_SUPPLIED MATERIAL_
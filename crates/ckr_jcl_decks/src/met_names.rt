//! Names that were met.
ghost use Rattle.std.specs.Prelude.{◌≡◌, ◌||◌, not, ℕ, List, Option, IfOk, OnOk, bytes_eq};
ghost use Rattle.ckr_jcl_decks.specs.DeckFaults.{is_same_dsn};
ghost use Rattle.ckr_jcl_decks.specs.MetNames.{was_met, dsn_met};
ghost use Rattle.ckr_jcl_operands.specs.declared.dd_values.DsnText.{DsnText as DsnValue};

use ckr_base::{DsName, Name8, NoMemory};
use ckr_jcl_operands::DsnText;
use std::collections::BTreeSet;

/// Puts a name among those that were met, and tells whether it is new.
#[tactic(auto, unfolding(crate::specs::MetNames::was_met))]
pub(crate) fn is_new_name(names: &mut BTreeSet<Name8>, name: &Name8) -> Result<bool, NoMemory>
    ensures new { IfOk result (λ new. new ≡ not (was_met names.old name.now)) }
    ensures met { OnOk result ((other : List ℕ) → was_met names.new other ≡ (bytes_eq name.now other || was_met names.old other)) }
{
    Ok(names.insert(name.copied())?)
}

/// The same of a data set name.
#[tactic(auto, unfolding(crate::specs::MetNames::was_met))]
fn is_new_permanent(names: &mut BTreeSet<DsName>, name: &DsName) -> Result<bool, NoMemory>
    ensures new { IfOk result (λ new. new ≡ not (was_met names.old name.now)) }
    ensures met { OnOk result ((other : List ℕ) → was_met names.new other ≡ (bytes_eq name.now other || was_met names.old other)) }
{
    Ok(names.insert(name.copied())?)
}

/// Puts the data set name of a DD among those that were met, and tells whether it is new.
pub(crate) fn is_new_dsn(
    permanent: &mut BTreeSet<DsName>,
    passing: &mut BTreeSet<Name8>,
    dsn: &Option<DsnText>,
) -> Result<bool, NoMemory>
    ensures new { IfOk result (λ new. new ≡ not (dsn_met permanent.old passing.old dsn.now)) }
    ensures met { OnOk result ((other : Option DsnValue) → dsn_met permanent.new passing.new other ≡ (is_same_dsn dsn.now other || dsn_met permanent.old passing.old other)) }
{
    match dsn {
        Some(DsnText::Permanent(name)) => is_new_permanent(permanent, name),
        Some(DsnText::Passing(name)) => is_new_name(passing, name),
        _ => Ok(true),
    }
}

/// Whether a name was met.
#[tactic(auto, unfolding(crate::specs::MetNames::was_met))]
fn was_name_met(names: &BTreeSet<Name8>, name: &Name8) -> bool
    ensures { result ≡ was_met names.now name.now }
{
    names.contains(name)
}

/// The same of a data set name.
#[tactic(auto, unfolding(crate::specs::MetNames::was_met))]
fn was_permanent_met(names: &BTreeSet<DsName>, name: &DsName) -> bool
    ensures { result ≡ was_met names.now name.now }
{
    names.contains(name)
}

/// Whether the data set name of a DD was met.
pub(crate) fn dsn_met(
    permanent: &BTreeSet<DsName>,
    passing: &BTreeSet<Name8>,
    dsn: &Option<DsnText>,
) -> bool
    ensures { result ≡ dsn_met permanent.now passing.now dsn.now }
{
    match dsn {
        Some(DsnText::Permanent(name)) => was_permanent_met(permanent, name),
        Some(DsnText::Passing(name)) => was_name_met(passing, name),
        _ => false,
    }
}
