//! What holds of every deck. Each law is the contract of a function that does nothing.
ghost use Rattle.std.specs.Prelude.{◌≡◌, List, length, Ok, Err};
ghost use Rattle.ckr_cards.specs.declared.card.Card.{Card};
ghost use Rattle.ckr_cards.specs.Statement.{statements_of};
ghost use Rattle.ckr_jcl.specs.declared.deck.Job.{Job as JobOfDeck};
ghost use Rattle.ckr_jcl_faults.specs.declared.faults.Fault.{Fault as FaultOfDeck};
ghost use Rattle.ckr_jcl_faults.specs.Faults.{nothing_seen};
ghost use Rattle.ckr_jcl_decks.specs.Deck.{deck_of};
ghost use Rattle.ckr_jcl_decks.specs.Least.{IsRefusal, AreSound, IsDeckJob};

/// A deck is refused by the least card, and then the least number, of the first statement that has
/// a fault of J01 to J11; where no statement has one, of the faults J12 to J24 of the whole deck.
#[tactic(auto, using(crate::proofs::Refusals::refusal_law))]
pub fn refusals_are_first_and_least()
    ensures { (cards : List Card) (fault : FaultOfDeck) → deck_of cards ≡ Err fault → IsRefusal (length cards) (statements_of cards) fault }
{}

/// A deck that is accepted has no fault, and its job is what its statements say.
pub fn accepted_decks_are_sound()
    ensures { (cards : List Card) (job : JobOfDeck) → deck_of cards ≡ Ok job → AreSound nothing_seen (statements_of cards) × IsDeckJob (length cards) (statements_of cards) job }
{}
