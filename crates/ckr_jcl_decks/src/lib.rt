//! Decks: the faults of a whole deck (J12 to J24), its job, and the reader that answers the job or the least fault.
#![tactic(auto)]

mod checkpoint_names;
mod deck_faults;
mod deck_reader;
mod job;
mod judgement;
mod laws;
mod met_names;
mod repeated_names;

pub use deck_faults::MOST_CARDS;
pub use deck_reader::read_deck;
pub use judgement::least_of_deck;
pub use laws::{accepted_decks_are_sound, refusals_are_first_and_least};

_WORK ITEM_
For the records above, state the number of lines that contain "JobOfDeck", and provide nothing further.

_ANSWER SECTION_
2